Cellulose aerogels (CAs) from plant or bacterial-derived cellulose have advantages such as low density, high porosity, and high specific surface area and have been used in various applications including biomedical fields. One limiting factor in developing CAs is their demanding shaping process since it involves several steps of dissolution/dispersion of cellulose, geometry configurations using molds or nozzles, coagulation and washing of the gel body, and drying techniques. CA fibers can be converted into textiles and enhance the design ability, stiffness, and flexibility of the CAs. This study aims to understand the correlations between the initial cellulose characteristics, aerogel’s internal structure, and its prospective biomedical application. Wet-spun CA fibers were obtained by supercritical CO2
drying from low and high molecular weight microcrystalline cellulose in calcium thiocyanate tetrahydrate solution. Fiber spinning, thermal behavior, textural properties, and biological assessments of the CA fibers were inspected.

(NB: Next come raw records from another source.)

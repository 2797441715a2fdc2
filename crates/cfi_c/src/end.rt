//! Why there are no more frames, or no caller, as C sees it.
ghost use Rattle.std.specs.Prelude.{◌≡◌};
ghost use Rattle.cfi_read_core.specs.declared.error.Error.TheVariants.{UnsupportedAddressSize};
ghost use Rattle.cfi_c.specs.Ends.{end_by, failed_end, no_context, plain_end, refused_end};
ghost use Rattle.cfi_c.specs.Ends.{written_end};

use crate::refusal::{NO_CONTEXT, number_of};
use cfi_step::{Caller, End, FrameError};
use gimli_cfi::Error;

/// The kind of an end where nothing is walked.
const NOT_WALKED: u32 = 16;

/// The kind of an end where there is a caller.
pub const NONE: u32 = 17;

/// Why there are no more frames.
#[repr(C)]
#[derive(Clone, Copy)]
pub struct CfiEnd {
    /// The place, byte or number that the error carries, else 0.
    pub refused: u64,
    /// 0: outermost, 1: no module, 2: the CFA does not rise, 3: no room, 4 to 15: no caller is
    /// found, 16: nothing is walked.
    pub kind: u32,
    /// The number of an error of the sections, else 0.
    pub status: i32,
}

/// Why a walk has no more frames, as C sees it.
pub fn end_of(end: End) -> CfiEnd
    ensures { result ≡ written_end end }
{
    match end {
        End::Outermost => plain_end(0, 0),
        End::NoModule => plain_end(1, 0),
        End::NotRising => plain_end(2, 0),
        End::NoRoom => plain_end(3, 0),
        End::Failed(error) => failed_end(error),
    }
}

/// Why no caller is found, as C sees it.
pub fn failed_end(error: FrameError) -> CfiEnd
    ensures { result ≡ failed_end error }
{
    match error {
        FrameError::NoRow(error) => refused_end(4, error),
        FrameError::Unreadable(error) => refused_end(5, error),
        FrameError::UnsupportedOperation(opcode) => plain_end(6, u64::from(opcode)),
        FrameError::UnsupportedSize(size) => plain_end(7, u64::from(size)),
        FrameError::UnknownRegister(register) => plain_end(8, u64::from(register.0)),
        FrameError::UnreadableMemory(address) => plain_end(9, address),
        FrameError::NotEnoughStackItems => plain_end(10, 0),
        FrameError::StackFull => plain_end(11, 0),
        FrameError::DivisionByZero => plain_end(12, 0),
        FrameError::BadBranchTarget(distance) => plain_end(13, u64::from(distance.cast_unsigned())),
        FrameError::TooManyIterations => plain_end(14, 0),
        FrameError::ArchitecturalRule => plain_end(15, 0),
    }
}

/// An end without an error of the sections.
pub fn plain_end(kind: u32, refused: u64) -> CfiEnd
    ensures { result ≡ plain_end kind refused }
{
    CfiEnd {
        refused,
        kind,
        status: 0,
    }
}

/// An end by an error of the sections.
fn refused_end(kind: u32, error: Error) -> CfiEnd
    ensures { result ≡ refused_end kind error }
{
    CfiEnd {
        refused: error.value(),
        kind,
        status: number_of(error),
    }
}

/// The end without a context.
pub fn no_context() -> CfiEnd
    ensures { result ≡ no_context }
{
    CfiEnd {
        refused: 0,
        kind: NOT_WALKED,
        status: NO_CONTEXT,
    }
}

/// The end where no address has this size.
pub fn unsized_end(size: u8) -> CfiEnd
    ensures { result ≡ refused_end 16 (UnsupportedAddressSize size) }
{
    refused_end(NOT_WALKED, Error::UnsupportedAddressSize(size))
}

/// Why there is no caller, or that there is one.
pub fn end_by(caller: Result<Caller, FrameError>) -> CfiEnd
    ensures { result ≡ end_by caller }
{
    match caller {
        Ok(caller) => match caller.pc {
            Some(_pc) => plain_end(NONE, 0),
            None => plain_end(0, 0),
        },
        Err(error) => failed_end(error),
    }
}
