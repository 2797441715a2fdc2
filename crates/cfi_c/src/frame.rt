//! A frame of a stack, as C sees it.
ghost use Rattle.std.specs.Prelude.{◌≡◌};
ghost use Rattle.cfi_c.specs.StackFrames.{written_frame};

use cfi_step::walk::Start;
use cfi_step::{Caller, End, StackFrame, WalkFrame};

/// A frame of a stack.
#[repr(C)]
#[derive(Clone, Copy)]
pub struct CfiFrame {
    /// Where the frame goes on, or was interrupted.
    pub pc: u64,
    /// The canonical frame address; 0 if the walk ends here without it.
    pub cfa: u64,
    pub has_cfa: bool,
    pub is_interrupted: bool,
}

impl WalkFrame for CfiFrame {
    ghost use Rattle.cfi_c.specs.StackFrames.{frame_by};

    ghost written = { frame_by };

    fn of(at: &Start, step: Result<Caller, End>) -> CfiFrame {
        frame_of(StackFrame::of(at, step))
    }
}

/// The frame as C sees it.
fn frame_of(frame: StackFrame) -> CfiFrame
    ensures { result ≡ written_frame frame }
{
    match frame.cfa {
        Some(cfa) => CfiFrame {
            pc: frame.pc,
            cfa,
            has_cfa: true,
            is_interrupted: frame.is_interrupted,
        },
        None => CfiFrame {
            pc: frame.pc,
            cfa: 0,
            has_cfa: false,
            is_interrupted: frame.is_interrupted,
        },
    }
}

The CA microfibers from high molecular weight cellulose proved to have a higher surface area (~197 m2
/g), denser structure, and finer nanofibrils (~2 nm) with better thermal stability in comparison with the fibers produced from low molecular weight cellulose. The fibers were nontoxic, and cell proliferation was observed over time. CA fibers showed promising results to be used for biomedical applications such as tissue engineering and wound care.